Le Con­seil fé­dé­ral veut obli­ger les en­tre­prises à in­for­mer leurs clients des don­nées ré­col­tées à leur su­jet. Mais les sanc­tions sont bien in­fé­rieures à ce qui se fait dans l’UE

L’Es­pagne vient d’in­fli­ger une amende de 1,2 mil­lion d’eu­ros à Fa­ce­book pour avoir ré­col­té de nom­breuses don­nées sur ses uti­li­sa­teurs sans les «in­for­mer de ma­nière claire» sur l’usage, en l’oc­cur­rence pu­bli­ci­taire, qui en était fait. La nou­velle loi sur la pro­tec­tion des don­nées adop­tée ven­dre­di par le Con­seil fé­dé­ral a elle aus­si pour but d’obli­ger les en­tre­prises qui ré­coltent des in­for­ma­tions sur leurs clients, comme les ma­ga­sins de vente en ligne, à les in­for­mer de l’uti­li­sa­tion qui en est faite.
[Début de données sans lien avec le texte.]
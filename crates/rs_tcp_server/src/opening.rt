//! The turns of all clients.

ghost use Rattle.std.specs.Prelude.{◌≡◌, IfOk, length};

use crate::full_log::FullLog;
use crate::turn::{ClientWord, ListenTurn};
use log::Log;
use rs_message::LineCount;
use rs_metrics::{Meter, Metrics};
use rs_places_steps::FreeTurn;
use rs_tcp_sockets::Listener;
use std::alloc::{AllocError, Global};
use std::sync::Arc;
use std::time::Clock;

/// A turn for each client, the first of line 1, and so on. They share the listener and what the log is told of the store. The log calls a
/// client by this word, and the metrics count for its line.
pub(crate) fn turns<H: Clock + Log + Copy + Send>(
    rt: H,
    alloc: Global,
    listener: Arc<Listener>,
    full: FullLog,
    lines: LineCount,
    word: ClientWord,
    metrics: &Option<Arc<Metrics>>,
) -> Result<Vec<FreeTurn<ListenTurn<H>>>, AllocError>
    ensures { IfOk result (λ turns. length turns.items ≡ lines) }
{
    let full = Arc::new(alloc, full).map_err(|_| AllocError)?;
    let count = lines.get();
    let mut turns = Vec::new(alloc);
    for before in 0..count {
        let listener = Arc::try_clone(&listener)?;
        let full = Arc::try_clone(&full)?;
        let meter = Meter::new(metrics, before + 1)?;
        let turn = ListenTurn::new(rt, alloc, listener, full, word, meter, before + 1);
        turns.push(FreeTurn::new(turn))?;
    }
    Ok(turns)
}
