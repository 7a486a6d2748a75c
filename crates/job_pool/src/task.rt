// What workers do.
ghost use Rattle.std.specs.Prelude.{IfOk};

use std::alloc::AllocError;

/// What is done with each element of a list, by any thread.
pub trait Task<T, X> {
    /// How an end goes with an element.
    ghost ends: { Self → T → X → Type 0 };

    /// The end of an element, which has this number in the list, counted from 0.
    fn end(&self, number: u64, element: &T) -> Result<X, AllocError>
        ensures { IfOk result (ends self.now element.now) };
}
En théo­rie. Car l’ab­sence de sanc­tions com­pa­rables à celles de l’UE risque de rendre la nou­velle lé­gis­la­tion suisse peu mor­dante. C’est ce que craint le préposé fé­dé­ral à la pro­tec­tion des don­nées: «Les sanc­tions pré­vues, soit une amende de 250 000 francs au plus, semblent peu dis­sua­sives en re­gard de celles qui sont fixées par le rè­gle­ment gé­né­ral de l’UE, soit 200 mil­lions d’eu­ros ou 4% du chiffre d’af­faires an­nuel», com­mente-t-il dans une prise de po­si­tion.

Préposé du can­ton du Valais, Sé­bas­tien Fanti ré­sume ce­la de ma­nière beau­coup plus di­recte: «Cette nou­velle loi est une ré­vi­sion M-Bud­get qui est en po­si­tion dis­rup­tive par rap­port à l’UE. Les en­tre­prises suisses sont de toute ma­nière confron­tées aux règles eu­ro­péennes. Il faut leur évi­ter une double ré­gle­men­ta­tion. On leur rend ici un mau­vais ser­vice», mar­tèle-t-il. L’ob­jec­tif de la ré­vi­sion est certes d’in­té­grer les risques d’In­ter­net dans la lé­gis­la­tion sur la pro­tec­tion des don­nées.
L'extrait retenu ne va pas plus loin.